Wendell Berry, Thoughts in the Presence of Fear
In short, while I feel with Erik that a moral indictment of society is in order, I think we need to get beyond obsessing with what goes on in other people’s bedrooms and really look at society as a whole. We say that we want our children to have ethics, responsibility, compassion and critical thinking skills. These values are hard to teach when all around them children see adults rewarded for the opposite qualities.
Finally, I would like to speak in favor of discipline. Not discipline as punishment, but discipline as developing the habit of turning away from the path of least resistance. We speak of academic or scientific disciplines: to be effective in science, the mind must be disciplined to avoid assumptions and to demand evidence. There are also spiritual disciplines which can help develop compassion and develop what the Buddhists call “skillfulness” in personal relationships. Mental and emotional discipline both require a certain skepticism to our own deeply held certainties. For in the end, while the universe is infinite, our minds are finite.
[I have interspersed some quotes of Wendell Berry with my thoughts, as an example of a Christian and conservative (in the classic sense of the word, one who conserves) writer whose thinking I respect, though I don't always agree with it.]
September 20th, 2008 at 10:37 pm
Vicki: Thank you for the link to Berry’s writing. It’s really engaging stuff, quite comforting, even though I too don’t agree with everything Berry writes. His open-minded world view is such a change of pace from the know-it-all exterior that hides so many insecure fundamentalists. Writing this, I’ve reminded myself of Eric Hoffer, who speaks of the Believer as usually being a person who lacks true confidence.
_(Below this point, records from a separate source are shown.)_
//! What follows from the definitions alone: each function's contract is a law, its body is empty.

ghost use Rattle.std.specs.Prelude.{◌≡◌, ◌≤◌, ◌<◌, ◌↔◌, ℕ, ◌∷◌, ◌++◌, length, List, Some, Ok};
ghost use Rattle.std.specs.Prelude.{true, false};
ghost use Rattle.ftd_machine.specs.State.{State, entries_of, holidays, nothing};
ghost use Rattle.ftd_days.specs.Calendar.{quarter_of};
ghost use Rattle.ftd_days.specs.declared.cents.Cents.{Cents};
ghost use Rattle.ftd_rules.specs.declared.verdict.DueRow.{DueRow};
ghost use Rattle.ftd_rules.specs.Lists.{Has};
ghost use Rattle.ftd_rules.specs.Liability.{liability};
ghost use Rattle.ftd_rules.specs.Payments.{paid_by};
ghost use Rattle.ftd_machine.specs.History.{live_sums, live_payments, HasLookback};
ghost use Rattle.ftd_machine.specs.Checks.{Answer};
ghost use Rattle.ftd_machine.specs.Step.{Step};
ghost use Rattle.ftd_machine.specs.Runs.{IsRun, IsReached};
ghost use Rattle.ftd_machine.specs.Sound.{IsSound};
ghost use Rattle.ftd_machine.specs.Laws.{is_change, IsBounded, Names, AgreeOn, IsRepeat};
ghost use Rattle.ftd_machine.specs.Journal.{journal, AreChanges, SameEntries};
ghost use Rattle.ftd_machine.specs.Agenda.{due_date_of, first_day_of, left_of, IsAgendaRow};
ghost use Rattle.ftd_machine.specs.Agenda.{IsCutOf};
ghost use Rattle.ftd_machine.specs.PaidInTime.{IsMissed, GoesOn, IsPaidInTime};
ghost use Rattle.ftd_rules.specs.declared.verdict.Verdict.TheVariants.{Short};
ghost use Rattle.ftd_machine.specs.declared.entries.Account.{Account};
ghost use Rattle.ftd_machine.specs.declared.lists.AgendaRow.{AgendaRow};
ghost use Rattle.ftd_machine.specs.declared.replies.Reply.{Reply};
ghost use Rattle.ftd_machine.specs.Told.{agenda_answer, due_answer, owed_answer};
ghost use Rattle.ftd_machine.specs.declared.replies.Reply.TheVariants as reply;
ghost use Rattle.ftd_machine.specs.declared.requests.Request.{Request};
ghost use Rattle.ftd_machine.specs.declared.requests.Request.TheVariants.{Question};
ghost use Rattle.ftd_machine.specs.declared.requests.Question.TheVariants.{DueList, Agenda, Owed};

use ftd_rules::AMOUNTS_END;

/// A refusal, the answer that a request was done before, and the answer to a question leave
/// everything as it was.
#[tactic(auto, using(crate::proofs::Leaving::leaves))]
pub fn refusals_change_nothing()
    ensures { (s : State) (request : Request) (answer : Answer) (next : State)
        → Step s request answer next → is_change answer ≡ false → next ≡ s }
{}

/// A request leaves the entries of each account that it does not name.
#[tactic(auto, using(crate::proofs::Others::others))]
pub fn other_accounts_stay()
    ensures { (s : State) (request : Request) (answer : Answer) (next : State) (account : List ℕ)
        → Step s request answer next → (Names request account → ⊥)
        → entries_of next account ≡ entries_of s account }
{}

/// Each state that requests lead to from an empty desk is sound, and a step leaves a sound state
/// sound.
pub fn reached_states_are_sound()
    ensures step { (s : State) (request : Request) (answer : Answer) (next : State)
        → Step s request answer next → IsSound s → IsSound next }
    ensures reached { (s : State) → IsReached s → IsSound s }
{}

/// In a sound state, as each is that requests lead to, a request has one answer and one next state.
#[tactic(auto, using(crate::proofs::Alike::answers_once))]
pub fn a_request_has_one_answer()
    ensures { (s : State) (request : Request) (answer other : Answer) (next after : State)
        → IsSound s → Step s request answer next → Step s request other after
        → (answer ≡ other) × (next ≡ after) }
{}

/// In a sound state, each request has an answer and a next state.
#[tactic(auto, using(crate::proofs::AnswerSome::each_request_is_answered))]
pub fn each_request_has_an_answer()
    ensures { (s : State) (request : Request) → IsSound s
        → (answer : Answer) × (next : State) × Step s request answer next }
{}

/// Each sum of an account of a sound state is below 6,000,000,000,000,000 cents: what it owes for a
/// run of days, what was paid for one, and the total of a lookback period.
pub fn sums_are_small()
    ensures liability { (s : State) (name : List ℕ) (first last : ℕ) → IsSound s
        → liability (live_sums (entries_of s name)) first last < AMOUNTS_END }
    ensures paid { (s : State) (name : List ℕ) (first last as_of day : ℕ) → IsSound s
        → paid_by (live_payments (entries_of s name)) first last as_of day < AMOUNTS_END }
    ensures lookback { (s : State) (name : List ℕ) (year : ℕ) (total : Cents) → IsSound s
        → HasLookback (entries_of s name) year total → total.0 < AMOUNTS_END }
{}

/// In a sound state, the amounts of a list that a request is answered with, a due list or the days
/// of Schedule B, are together below 6,000,000,000,000,000 cents.
#[tactic(auto, using(crate::proofs::Listed::lists_bounded))]
pub fn lists_are_bounded()
    ensures { (s : State) (request : Request) (reply : Reply) (next : State)
        → IsSound s → Step s request (Ok reply) next → IsBounded reply }
{}

/// What a request that names an account is answered, and what is kept of the account then, rests on
/// the account's own entries, the calendars and the added holidays.
pub fn replies_rest_on_own_rows()
    // Each answer of a state is one of every state that agrees on these, and they agree afterwards.
    ensures each { (s t : State) (request : Request) (answer : Answer) (next : State)
        (account : List ℕ) → Names request account → AgreeOn account s t
        → Step s request answer next
        → (after : State) × Step t request answer after × AgreeOn account next after }

    // So sound states that agree give equal replies.
    ensures equal { (s t : State) (request : Request) (answer other : Answer)
        (next after : State) (account : List ℕ) → IsSound t → Names request account
        → AgreeOn account s t → Step s request answer next → Step t request other after
        → (answer ≡ other) × AgreeOn account next after }
{}

/// In any list, a request that was answered Done or Posted is answered Already, or by a fault, at
/// each later place; and the list without that place has the same other answers, and ends in the
/// same state.
#[tactic(auto, using(crate::proofs::Repeats::repeats))]
pub fn a_repeat_changes_nothing()
    ensures { (s end : State) (before between after : List Request) (request : Request)
        (answers_before answers_between answers_after : List Answer) (answer again : Answer)
        → length answers_before ≡ length before → length answers_between ≡ length between
        → IsRun s (before ++ request ∷ between ++ request ∷ after)
        (answers_before ++ answer ∷ answers_between ++ again ∷ answers_after) end
        → is_change answer ≡ true
        → IsRepeat again
        × IsRun s (before ++ request ∷ between ++ after)
        (answers_before ++ answer ∷ answers_between ++ answers_after) end }
{}

/// A journal makes the same desk: from an empty desk on, each request of the journal of a sound
/// state is answered Done or Posted, and at the end the desk has the same entries under the same
/// keys.
#[tactic(auto, using(crate::proofs::JournalMakes::journal_makes))]
pub fn a_journal_makes_the_same_desk()
    ensures { (s : State) → IsSound s
        → (answers : List Answer) × (end : State) × IsRun nothing (journal s) answers end
        × AreChanges answers × SameEntries s end }
{}

/// Sound states that have the same entries, in whatever order these were accepted, answer every
/// request equally, and have the same entries afterwards.
pub fn same_entries_give_same_answers()
    // Each answer of one is an answer of the other, and they have the same entries afterwards.
    ensures each { (s t : State) (request : Request) (answer : Answer) (next : State)
        → IsSound s → IsSound t → SameEntries s t → Step s request answer next
        → (after : State) × Step t request answer after × SameEntries next after }

    // So their answers are equal.
    ensures equal { (s t : State) (request : Request) (answer other : Answer)
        (next after : State) → IsSound s → IsSound t → SameEntries s t
        → Step s request answer next → Step t request other after
        → (answer ≡ other) × SameEntries next after }
{}

/// What is due over all accounts is all due lists, cut by due date: a row of an account that is
/// enrolled is one of the agenda exactly where the account's due list of the quarter in which it
/// begins, as of the day, has it, and it is due on one of the days.
pub fn an_agenda_is_all_due_lists()
    ensures { (s after then : State) (from to as_of : ℕ) (rows : List AgendaRow) (x : AgendaRow)
        (account : Account) (due : List DueRow) → IsSound s
        → Step s (Question (Agenda from to as_of)) (agenda_answer from to as_of rows) after
        → (entries_of s x.account).account ≡ Some account
        → Step s (Question (DueList x.account (quarter_of (first_day_of x)) as_of))
        (due_answer x.account (quarter_of (first_day_of x)) as_of due) then
        → Has rows x ↔ IsCutOf (holidays s) from to as_of account due x }
{}

/// What is owed is what is left of the agenda: from any day on, the rows that are owed until a day
/// are those of the agenda until it of which something is left to pay.
#[tactic(auto, using(crate::proofs::Agendas::owed_is_left))]
pub fn what_is_owed_is_left_of_the_agenda()
    ensures { (s after then : State) (from until as_of : ℕ) (rows owed : List AgendaRow)
        (x : AgendaRow)
        → Step s (Question (Agenda from until as_of)) (agenda_answer from until as_of rows) after
        → Step s (Question (Owed until as_of)) (owed_answer until as_of owed) then
        → (Has owed x × (from ≤ due_date_of x)) ↔ (Has rows x × (0 < left_of x.row)) }
{}

/// What is paid in full by the day to pay by is never late: whatever pay runs are posted or voided
/// on later paydays, outside its deposit period, the obligation stays as it is, and its verdict as
/// of any day is neither short nor late. A deposit that is short already stays so until its
/// shortfall is paid: of such a row this is said of the days from the day to pay by on.
pub fn what_is_paid_by_its_day_is_never_late()
    ensures { (s later : State) (as_of then : ℕ) (x y : AgendaRow) → IsSound s
        → IsAgendaRow s as_of x → IsAgendaRow later then y
        → y.account ≡ x.account → first_day_of y ≡ first_day_of x
        → GoesOn s later as_of x → IsPaidInTime (entries_of later x.account) as_of x
        → (x.row.verdict ≡ Short → x.pay_by ≤ then)
        → (y.row.obligation ≡ x.row.obligation) × (IsMissed y.row.verdict → ⊥) }
{}
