//! The checks of corrections, in the order in which they decide. Each function passes, with what it
//! found where something rests on that, or fails with what the first check that answers says. None
//! takes memory.

ghost use Rattle.std.specs.Prelude.{◌≡◌, ◌≤◌, ◌∷◌, [], Some, option_copied};
ghost use Rattle.ftd_machine.specs.Checks.{PassesWith, Passes};
ghost use Rattle.ftd_machine.specs.Requests.{change_holiday_checks, correct_account_checks};
ghost use Rattle.ftd_machine.specs.Requests.{correct_total_checks, is_next, missing_for};
ghost use Rattle.ftd_machine.specs.Requests.{same_beginning};

use crate::checks::{Answer, is_form, known_as, needs};
use crate::entries::{Account, Beginning, ReturnPeriod};
use crate::limits::{can_be_reported, can_have_calendar, is_amount, is_number};
use crate::replies::Refusal;
use ftd_days::{Cents, Day, LAST_OPEN_YEAR};
use ftd_rules::is_account_name;

/// The number is the next one of the corrections, of which there are so many.
fn is_next(number: u32, count: u32) -> Result<(), Answer>
    requires positive { 1 ≤ number }
    ensures { Passes (is_next number count ∷ []) result }
{
    needs(number - 1 == count, Refusal::NumberSkipped(count))
}

/// The refusal of a total that is not reported.
fn missing_for(period: &ReturnPeriod) -> Refusal
    ensures { result ≡ missing_for period.now }
{
    match period {
        ReturnPeriod::Quarter(quarter) => Refusal::QuarterMissing(*quarter),
        ReturnPeriod::Year(year) => Refusal::YearMissing(*year),
    }
}

/// The checks of a total that is corrected, where this is known of the account, of the period and
/// of the number, and how many corrections the total has. They find the account.
pub fn correct_total_check(
    name: &str,
    period: &ReturnPeriod,
    number: u32,
    cents: Cents,
    account: Option<Account>,
    reported: Option<Cents>,
    known: Option<Cents>,
    count: u32,
) -> Result<Account, Answer>
    ensures { PassesWith
        (correct_total_checks name.now period.now number cents account reported known count)
        (λ found. account ≡ Some found) result }
{
    needs(is_account_name(name.as_bytes()), Refusal::BadName)?;
    needs(can_be_reported(period.year()), Refusal::BadYear)?;
    needs(is_amount(cents), Refusal::BadCents)?;
    needs(is_number(number), Refusal::BadNumber)?;
    let account = account.ok_or(Err(Refusal::UnknownAccount))?;
    needs(is_form(account.form, period.form()), Refusal::WrongForm)?;
    needs(reported.is_some(), missing_for(period))?;
    if let Some(known) = known {
        return Err(known_as(known.0 == cents.0, Refusal::CorrectionDiffers));
    }
    is_next(number, count)?;
    Ok(account)
}

/// The checks of a day that is taken back as a holiday, or made one again, where this is known of
/// its year, of the days added to it, and of the number, and how many changes the day has.
pub fn change_holiday_check(
    day: Day,
    number: u32,
    is_one: bool,
    calendar: Option<&[Day]>,
    added: &[Day],
    known: Option<bool>,
    count: u32,
) -> Result<(), Answer>
    ensures { Passes (change_holiday_checks day number is_one
        (option_copied calendar.entry) added.now known count) result }
{
    needs(can_have_calendar(day.year()), Refusal::BadDay)?;
    needs(is_number(number), Refusal::BadNumber)?;
    let Some(calendar) = calendar else {
        return Err(Err(Refusal::CalendarMissing(day.year())));
    };
    needs(
        calendar.contains(&day) || added.contains(&day),
        Refusal::NoHoliday,
    )?;
    if let Some(known) = known {
        return Err(known_as(known == is_one, Refusal::CorrectionDiffers));
    }
    is_next(number, count)
}

/// Whether the correction that is known begins the account so.
fn is_same_beginning(known: &Beginning, beginning: &Beginning) -> bool
    ensures { result ≡ same_beginning beginning.now known.now }
{
    known.start == beginning.start && known.carried == beginning.carried
}

/// The checks of an account that is put right, where this is known of it and of the number, whether
/// nothing rests on it, and how many corrections it has.
pub fn correct_account_check(
    name: &str,
    number: u32,
    beginning: &Beginning,
    account: Option<Account>,
    known: Option<Beginning>,
    is_unused: bool,
    count: u32,
) -> Result<(), Answer>
    ensures { Passes (correct_account_checks name.now number beginning.now account known is_unused
        count) result }
{
    needs(is_account_name(name.as_bytes()), Refusal::BadName)?;
    needs(beginning.start.year() <= LAST_OPEN_YEAR, Refusal::BadDay)?;
    needs(is_number(number), Refusal::BadNumber)?;
    needs(account.is_some(), Refusal::UnknownAccount)?;
    if let Some(known) = known {
        let same = is_same_beginning(&known, beginning);
        return Err(known_as(same, Refusal::CorrectionDiffers));
    }
    needs(is_unused, Refusal::AccountInUse)?;
    is_next(number, count)
}
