/// The checks of a payment, where this is known of the account, of the payment's number, whether
/// the year of the day that it is for is open, and how many payments the account has.
pub fn pay_check(
    name: &str,
    number: u32,
    payment: &Payment,
    account: Option<Account>,
    known: Option<Voidable<Payment>>,
    is_open: bool,
    count: u32,
) -> Result<(), Answer>
    ensures { Passes (pay_checks name.now number payment.now account known is_open count) result }
{
    needs(is_account_name(name.as_bytes()), Refusal::BadName)?;
    let paid = can_have_calendar(payment.paid.year());
    needs(
        paid && can_be_opened(payment.for_day.year()),
        Refusal::BadDay,
    )?;
    needs(
        1 <= payment.cents.0 && is_amount(payment.cents),
        Refusal::BadCents,
    )?;
    needs(is_number(number), Refusal::BadNumber)?;
    let account = account.ok_or(Err(Refusal::UnknownAccount))?;
    if let Some(known) = known {
        let same = is_same_payment(&known.value, payment);
        return Err(known_as(same, Refusal::PaymentDiffers));
    }
    needs(account.start <= payment.for_day, Refusal::BeforeStart)?;
    needs(is_open, Refusal::YearNotOpen(payment.for_day.year()))?;
    needs(count < MOST_ENTRIES, Refusal::TooManyPayments)
}

/// The checks of a payment that is voided, where this is known of the account and of the number.
pub fn void_payment_check(
    name: &str,
    number: u32,
    account: Option<Account>,
    known: Option<Voidable<Payment>>,
) -> Result<(), Answer>
    ensures { Passes (void_payment_checks name.now number account known) result }
{
    needs(is_account_name(name.as_bytes()), Refusal::BadName)?;
    needs(is_number(number), Refusal::BadNumber)?;
    needs(account.is_some(), Refusal::UnknownAccount)?;
    let known = known.ok_or(Err(Refusal::UnknownPayment))?;
    unless_done(known.voided)
}

/// The checks of a day whose deposit schedule is asked for, where this is known of the account, and
/// whether the day's year is open. They find the account.
pub fn status_check(
    name: &str,
    day: Day,
    account: Option<Account>,
    is_open: bool,
) -> Result<Account, Answer>
    ensures { PassesWith (status_checks name.now day account is_open)
        (λ found. account ≡ Some found) result }
{
    needs(is_account_name(name.as_bytes()), Refusal::BadName)?;
    needs(can_be_opened(day.year()), Refusal::BadDay)?;
    let account = account.ok_or(Err(Refusal::UnknownAccount))?;
    needs(is_open, Refusal::YearNotOpen(day.year()))?;
    Ok(account)
}

/// The checks of a quarter whose due list is asked for as of a day, where this is known of the
/// account, and whether the quarter's year is open. They find the account.
pub fn due_list_check(
    name: &str,
    quarter: Quarter,
    as_of: Day,
    account: Option<Account>,
    is_open: bool,
) -> Result<Account, Answer>
    ensures { PassesWith (due_list_checks name.now quarter as_of account is_open)
        (λ found. account ≡ Some found) result }
{
    needs(is_account_name(name.as_bytes()), Refusal::BadName)?;
    needs(can_be_opened(quarter.year()), Refusal::BadYear)?;
    needs(can_have_calendar(as_of.year()), Refusal::BadDay)?;
    let account = account.ok_or(Err(Refusal::UnknownAccount))?;
    needs(is_open, Refusal::YearNotOpen(quarter.year()))?;
    Ok(account)
}

/// The checks of a quarter whose liability by day is asked for, where this is known of the account,
/// and whether the quarter's year is open.
pub fn schedule_b_check(
    name: &str,
    quarter: Quarter,
    account: Option<Account>,
    is_open: bool,
) -> Result<(), Answer>
    ensures { Passes (schedule_b_checks name.now quarter account is_open) result }
{
    needs(is_account_name(name.as_bytes()), Refusal::BadName)?;
    needs(can_be_opened(quarter.year()), Refusal::BadYear)?;
    let account = account.ok_or(Err(Refusal::UnknownAccount))?;
    needs(is_form(account.form, Form::F941), Refusal::WrongForm)?;
    needs(is_open, Refusal::YearNotOpen(quarter.year()))
}

/// The checks of two days between which what is due over all accounts is asked for, as of a day.
pub fn agenda_check(from: Day, to: Day, as_of: Day) -> Result<(), Answer>
    ensures { Passes (agenda_checks from to as_of) result }
{
    let both = can_have_calendar(from.year()) && can_have_calendar(to.year());
    needs(both, Refusal::BadDay)?;
    needs(can_have_calendar(as_of.year()), Refusal::BadDay)
}

/// The checks of a day until which what is due and not paid is asked for, as of a day.
pub fn owed_check(until: Day, as_of: Day) -> Result<(), Answer>
    ensures { Passes (owed_checks until as_of) result }
{
    needs(can_have_calendar(until.year()), Refusal::BadDay)?;
    needs(can_have_calendar(as_of.year()), Refusal::BadDay)
}

/// The checks of a day until which money that counts for nothing is asked for.
pub fn unapplied_check(until: Day) -> Result<(), Answer>
    ensures { Passes (unapplied_checks until) result }
{
    needs(can_have_calendar(until.year()), Refusal::BadDay)
}
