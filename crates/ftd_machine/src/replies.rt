//! What the desk answers.

ghost use Rattle.std.specs.Prelude.{◌≡◌, ◌↔◌, IsTrue};
ghost use Rattle.ftd_machine.specs.Laws.{IsBounded};

use crate::facts::{Facts, are_bounded};
use ftd_days::{Day, Quarter};
use ftd_rules::{Obligations, YearLines};
use thiserror::Error;

/// Why an account has its deposit schedule on a day.
#[derive(Clone, Copy, Debug, PartialEq, Eq)]
pub enum Reason {
    /// By the year's lookback total.
    Lookback,
    /// The account reached 100,000.00 within a month on this day, in this year or the year before.
    Turned(Day),
    /// The account came in as semiweekly.
    Carried,
}

/// How an account's obligations and its open years differ before and after a change.
#[derive(Drop)]
pub struct Difference {
    /// The least first day of the obligations that were removed or added. If there are none, the
    /// payday, or the first day of the quarter or the year whose total was corrected.
    pub from: Day,
    /// The greatest last day of these. If there are none, the same day.
    pub to: Day,
    /// The obligations that were removed, by first day.
    pub removed: Obligations,
    /// The obligations that were added, by first day.
    pub added: Obligations,
    /// The open years that open on another schedule than before, that turn on another day, or that
    /// turn no more, by year, each as it is now.
    pub years: YearLines,
}

/// What the desk answers where it does not refuse.
#[derive(Drop)]
pub enum Reply {
    /// What was asked for is done.
    Done,
    /// What was asked for was done before.
    Already,
    /// How the account differs before and after a pay run that was posted or voided, or a total
    /// that was corrected.
    Posted(Difference),
    /// What was asked for.
    Told(Facts),
}

/// Whether the amounts of a list of one account that is answered are together below
/// 6,000,000,000,000,000 cents, as those of an account are.
pub fn is_bounded(reply: &Reply) -> bool
    ensures { IsTrue result ↔ IsBounded reply.now }
{
    match reply {
        Reply::Told(facts) => are_bounded(facts),
        Reply::Done | Reply::Already | Reply::Posted(_) => true,
    }
}

/// Why the desk refuses a request. It prints with its number, and 16, 17, 18, 25 and 27 with what
/// they name: `refused 17 QuarterMissing 2024Q2`.
#[derive(Clone, Copy, Debug, PartialEq, Eq, Error)]
pub enum Refusal {
    /// The text is no account name: 1 to 20 bytes, a lower-case letter, then lower-case letters,
    /// digits and hyphens.
    #[error("refused 1 BadName")]
    BadName,
    /// The year, or that of the quarter, is out of the request's range.
    #[error("refused 2 BadYear")]
    BadYear,
    /// The day's year is out of the request's range.
    #[error("refused 3 BadDay")]
    BadDay,
    /// An amount is above 999,999,999.99, or a payment is of nothing.
    #[error("refused 4 BadCents")]
    BadCents,
    /// The days don't rise, lie outside the year or are more than 60.
    #[error("refused 5 BadCalendar")]
    BadCalendar,
    /// The number of a run or payment is not 1 to 999,999,999.
    #[error("refused 6 BadNumber")]
    BadNumber,
    /// The account is not enrolled.
    #[error("refused 7 UnknownAccount")]
    UnknownAccount,
    /// The account is enrolled with other content.
    #[error("refused 8 AccountDiffers")]
    AccountDiffers,
    /// The year's calendar was given with other days.
    #[error("refused 9 CalendarDiffers")]
    CalendarDiffers,
    /// The quarter is reported with another amount.
    #[error("refused 10 QuarterDiffers")]
    QuarterDiffers,
    /// The run's number is taken by another run.
    #[error("refused 11 RunDiffers")]
    RunDiffers,
    /// The payment's number is taken by another payment.
    #[error("refused 12 PaymentDiffers")]
    PaymentDiffers,
    /// There is no run of that number.
    #[error("refused 13 UnknownRun")]
    UnknownRun,
    /// There is no payment of that number.
    #[error("refused 14 UnknownPayment")]
    UnknownPayment,
    /// What the request is for lies before the employer's first day.
    #[error("refused 15 BeforeStart")]
    BeforeStart,
    /// The calendar of this year is not given.
    #[error("refused 16 CalendarMissing {0}")]
    CalendarMissing(u32),
    /// This quarter of the lookback period is not reported.
    #[error("refused 17 QuarterMissing {0}")]
    QuarterMissing(Quarter),
    /// This year of the account is not open.
    #[error("refused 18 YearNotOpen {0}")]
    YearNotOpen(u32),
    /// The account has 20,000 runs, voided ones too.
    #[error("refused 19 TooManyRuns")]
    TooManyRuns,
    /// The account has 20,000 payments, voided ones too.
    #[error("refused 20 TooManyPayments")]
    TooManyPayments,
    /// There was no memory. Nothing has changed.
    #[error("failed 21 Memory")]
    Memory,
    /// The store failed, or the desk is stopped. Nothing has changed, unless the store is a file
    /// and its commit failed.
    #[error("failed 22 Store")]
    Store,
    /// The request is not one for the account's form.
    #[error("refused 23 WrongForm")]
    WrongForm,
    /// The year is reported with another amount.
    #[error("refused 24 YearDiffers")]
    YearDiffers,
    /// This year, the lookback period of a Form 943 account, is not reported.
    #[error("refused 25 YearMissing {0}")]
    YearMissing(u32),
    /// The number is that of another correction.
    #[error("refused 26 CorrectionDiffers")]
    CorrectionDiffers,
    /// The number is not the next one. It names how many corrections there are.
    #[error("refused 27 NumberSkipped {0}")]
    NumberSkipped(u32),
    /// The day was neither given nor added as a holiday.
    #[error("refused 28 NoHoliday")]
    NoHoliday,
    /// A figure of the account is reported, or a year of it is open.
    #[error("refused 29 AccountInUse")]
    AccountInUse,
}

/// What a refusal names.
#[derive(Clone, Copy, Debug, PartialEq, Eq)]
pub enum Subject {
    /// Nothing.
    Nothing,
    /// A year whose calendar is not given, or that is not open or not reported.
    Year(u32),
    /// A quarter that is not reported.
    Quarter(Quarter),
    /// How many corrections there are, of which the number of the next one is one more.
    Number(u32),
}

impl Refusal {
    ghost use Rattle.ftd_machine.specs.Refusals.{is_failure, name_text, subject_of, number_of};

    /// The refusal's number, 1 to 29.
    pub fn number(self) -> u8
        ensures { result ≡ number_of self }
    {
        match self {
            Refusal::BadName => 1,
            Refusal::BadYear => 2,
            Refusal::BadDay => 3,
            Refusal::BadCents => 4,
            Refusal::BadCalendar => 5,
            Refusal::BadNumber => 6,
            Refusal::UnknownAccount => 7,
            Refusal::AccountDiffers => 8,
            Refusal::CalendarDiffers => 9,
            Refusal::QuarterDiffers => 10,
            Refusal::RunDiffers => 11,
            Refusal::PaymentDiffers => 12,
            Refusal::UnknownRun => 13,
            Refusal::UnknownPayment => 14,
            Refusal::BeforeStart => 15,
            Refusal::CalendarMissing(_) => 16,
            Refusal::QuarterMissing(_) => 17,
            Refusal::YearNotOpen(_) => 18,
            Refusal::TooManyRuns => 19,
            Refusal::TooManyPayments => 20,
            Refusal::Memory => 21,
            Refusal::Store => 22,
            Refusal::WrongForm => 23,
            Refusal::YearDiffers => 24,
            Refusal::YearMissing(_) => 25,
            Refusal::CorrectionDiffers => 26,
            Refusal::NumberSkipped(_) => 27,
            Refusal::NoHoliday => 28,
            Refusal::AccountInUse => 29,
        }
    }

    /// The refusal's name: that of its variant.
    pub fn name(self) -> &'static str
        ensures { result.now ≡ name_text self }
    {
        match self {
            Refusal::BadName => "BadName",
            Refusal::BadYear => "BadYear",
            Refusal::BadDay => "BadDay",
            Refusal::BadCents => "BadCents",
            Refusal::BadCalendar => "BadCalendar",
            Refusal::BadNumber => "BadNumber",
            Refusal::UnknownAccount => "UnknownAccount",
            Refusal::AccountDiffers => "AccountDiffers",
            Refusal::CalendarDiffers => "CalendarDiffers",
            Refusal::QuarterDiffers => "QuarterDiffers",
            Refusal::RunDiffers => "RunDiffers",
            Refusal::PaymentDiffers => "PaymentDiffers",
            Refusal::UnknownRun => "UnknownRun",
            Refusal::UnknownPayment => "UnknownPayment",
            Refusal::BeforeStart => "BeforeStart",
            Refusal::CalendarMissing(_) => "CalendarMissing",
            Refusal::QuarterMissing(_) => "QuarterMissing",
            Refusal::YearNotOpen(_) => "YearNotOpen",
            Refusal::TooManyRuns => "TooManyRuns",
            Refusal::TooManyPayments => "TooManyPayments",
            Refusal::Memory => "Memory",
            Refusal::Store => "Store",
            Refusal::WrongForm => "WrongForm",
            Refusal::YearDiffers => "YearDiffers",
            Refusal::YearMissing(_) => "YearMissing",
            Refusal::CorrectionDiffers => "CorrectionDiffers",
            Refusal::NumberSkipped(_) => "NumberSkipped",
            Refusal::NoHoliday => "NoHoliday",
            Refusal::AccountInUse => "AccountInUse",
        }
    }

    /// Whether it is a failure, and no refusal: there was no memory, or the store failed.
    pub fn is_failure(self) -> bool
        ensures { result ≡ is_failure self }
    {
        matches!(self, Refusal::Memory | Refusal::Store)
    }

    /// The year, the quarter or the number that it names, if it names one.
    pub fn subject(self) -> Subject
        ensures { result ≡ subject_of self }
    {
        match self {
            Refusal::CalendarMissing(year) => Subject::Year(year),
            Refusal::YearNotOpen(year) => Subject::Year(year),
            Refusal::YearMissing(year) => Subject::Year(year),
            Refusal::QuarterMissing(quarter) => Subject::Quarter(quarter),
            Refusal::NumberSkipped(count) => Subject::Number(count),
            _ => Subject::Nothing,
        }
    }
}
I thought Berry’s definition of literalist is another noteworthy passage:
And, yes, I am intrigued by his question: What are we to make of Luke 14:26?: “If any man come to me, and hate not his father, and mother, and wife, and children, and brethren, and sisters, yea, and his own life also, he cannot be my disciple.”
I agree with you that we live in a society that is filled with incontinence. There’s little discipline to be seen, little reason to think that we Americans still have that critical mass of intelligence and intellectual courage necessary to dig out of the hole we’ve made for ourselves. There are so few public figures willing to say “I don’t know,” for example. There are so few people willing to acknowledge the contradictions in their own deeply held beliefs. Or better yet, there are very few of us willing to admit that we believe many important things that we can’t prove.
It would seem that even a modest dose of self-questioning would cause enough humility to well up in ourselves that we could all make that humility a place where we could connect to all other people. But we’re blocked out by the people of certitude. We really should all be willing to look up at the stars together and wonder. But we can’t do that, because there are just too many of us that would ruin the majesty of the moment by shouting “answers.” I’m not talking about Dan Klarmann (who truly does know a lot about the stars), but about the many people who are uncomfortable with not-completely-knowing, those people who are bristled by those of us who ask rhetorical questions like “What are we supposed to do with our lives?”
“No!” We repeatedly need to warn the know-it-alls: questioners are not always asking for answers! Often, we are using questions as an especially serious way of acknowledging a sense of wonder and humility. Or maybe it’s more accurate to say that they have “humbition.” The bottom line is that people who are more thoroughly tuned to their universe are usually less comfortable with answers than with questions. A short and certain answer to a big question is always wrong to them. As you suggest, it’s because the universe is infinite and our minds are finite.